Each of the lines from the one that contains "so many zeros." to the end of the entries below should be output exactly.

=== Begin Enclosure ===

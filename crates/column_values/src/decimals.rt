//! The texts of decimal numbers.

ghost use Rattle.std.specs.Prelude.{◌≡◌, ◌≢◌, ◌==◌, ◌↔◌, ◌<◌, ◌≤◌, IsTrue};
ghost use Rattle.std.specs.List.{list_all};
ghost use Rattle.column_values.specs.Digits.{in_digits};
ghost use Rattle.column_values.specs.Decimals.{decimal_text, point_and_digits, IsDecimalText, IsUnsignedDecimal, IsWhole};

use crate::digits::{MOST_DIGITS, after_byte, are_digits, cut, number_of};
use schema_model::MOST_SCALE;

// Whether bytes are the text of a decimal number of this scale.
pub fn is_decimal_text(scale: u8, bytes: &[u8]) -> bool
    ensures decimal { IsTrue result ↔ IsDecimalText scale bytes.now }
{
    match after_byte(bytes, b'-') {
        Some(rest) => is_nonzero_decimal(scale, rest),
        None => is_unsigned_decimal(scale, bytes),
    }
}

// Whether bytes are the text of a decimal number of this scale without a sign that is not zero.
fn is_nonzero_decimal(scale: u8, bytes: &[u8]) -> bool
    ensures decimal { IsTrue result
        ↔ (IsUnsignedDecimal scale bytes.now × (bytes.now ≢ decimal_text scale 0 0)) }
{
    is_unsigned_decimal(scale, bytes) && !is_zero(scale, bytes)
}

// Whether bytes are the text of a decimal number of this scale without a sign.
fn is_unsigned_decimal(scale: u8, bytes: &[u8]) -> bool
    ensures decimal { IsTrue result ↔ IsUnsignedDecimal scale bytes.now }
{
    let digits = scale as usize;
    if scale > MOST_SCALE {
        return false;
    }
    if bytes.len() <= digits {
        return false;
    }
    if scale == 0 {
        return is_whole(bytes, MOST_DIGITS);
    }
    match cut(bytes, bytes.len() - 1 - digits, b'.') {
        Some((whole, fraction)) => {
            is_whole(whole, MOST_DIGITS - digits) && number_of(fraction).is_some()
        }
        None => false,
    }
}

// Whether bytes are a whole number of at most so many digits.
fn is_whole(bytes: &[u8], most: usize) -> bool
    requires some { 0 < most }
    requires most { most ≤ MOST_DIGITS }
    ensures whole { IsTrue result ↔ IsWhole most bytes.now }
{
    if bytes.is_empty() {
        return false;
    }
    if bytes.len() > most {
        return false;
    }
    if bytes[0] == b'0' {
        return bytes.len() == 1;
    }
    are_digits(bytes)
}

// Whether bytes are zero at this scale.
fn is_zero(scale: u8, bytes: &[u8]) -> bool
    ensures zero { IsTrue result ↔ (bytes.now ≡ decimal_text scale 0 0) }
{
    match after_byte(bytes, b'0') {
        Some(rest) => are_point_and_zeros(scale, rest),
        None => false,
    }
}

// Whether bytes are a point and so many zeros, and nothing where there are none.
fn are_point_and_zeros(scale: u8, bytes: &[u8]) -> bool
    ensures zeros { IsTrue result ↔ (bytes.now ≡ point_and_digits scale 0) }
{
    if scale == 0 || bytes.is_empty() {
        return scale == 0 && bytes.is_empty();
    }
    bytes[0] == b'.' && are_zeros(&bytes[1..], scale as usize)
}

// Whether bytes are so many zeros.
fn are_zeros(bytes: &[u8], count: usize) -> bool
    ensures zeros { IsTrue result ↔ (bytes.now ≡ in_digits count 0) }
{
    bytes.len() == count && are_all_zero(bytes)
}

// Whether each byte is `0`.
fn are_all_zero(bytes: &[u8]) -> bool
    ensures zeros { result ≡ list_all (λ b. b == 48) bytes.now }
{
    bytes.iter().all(|b| *b == b'0')
}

=== End Enclosure ===

Output of the task:
// Whether bytes are so many zeros.
fn are_zeros(bytes: &[u8], count: usize) -> bool
    ensures zeros { IsTrue result ↔ (bytes.now ≡ in_digits count 0) }
{
    bytes.len() == count && are_all_zero(bytes)
}

// Whether each byte is `0`.
fn are_all_zero(bytes: &[u8]) -> bool
    ensures zeros { result ≡ list_all (λ b. b == 48) bytes.now }
{
    bytes.iter().all(|b| *b == b'0')
}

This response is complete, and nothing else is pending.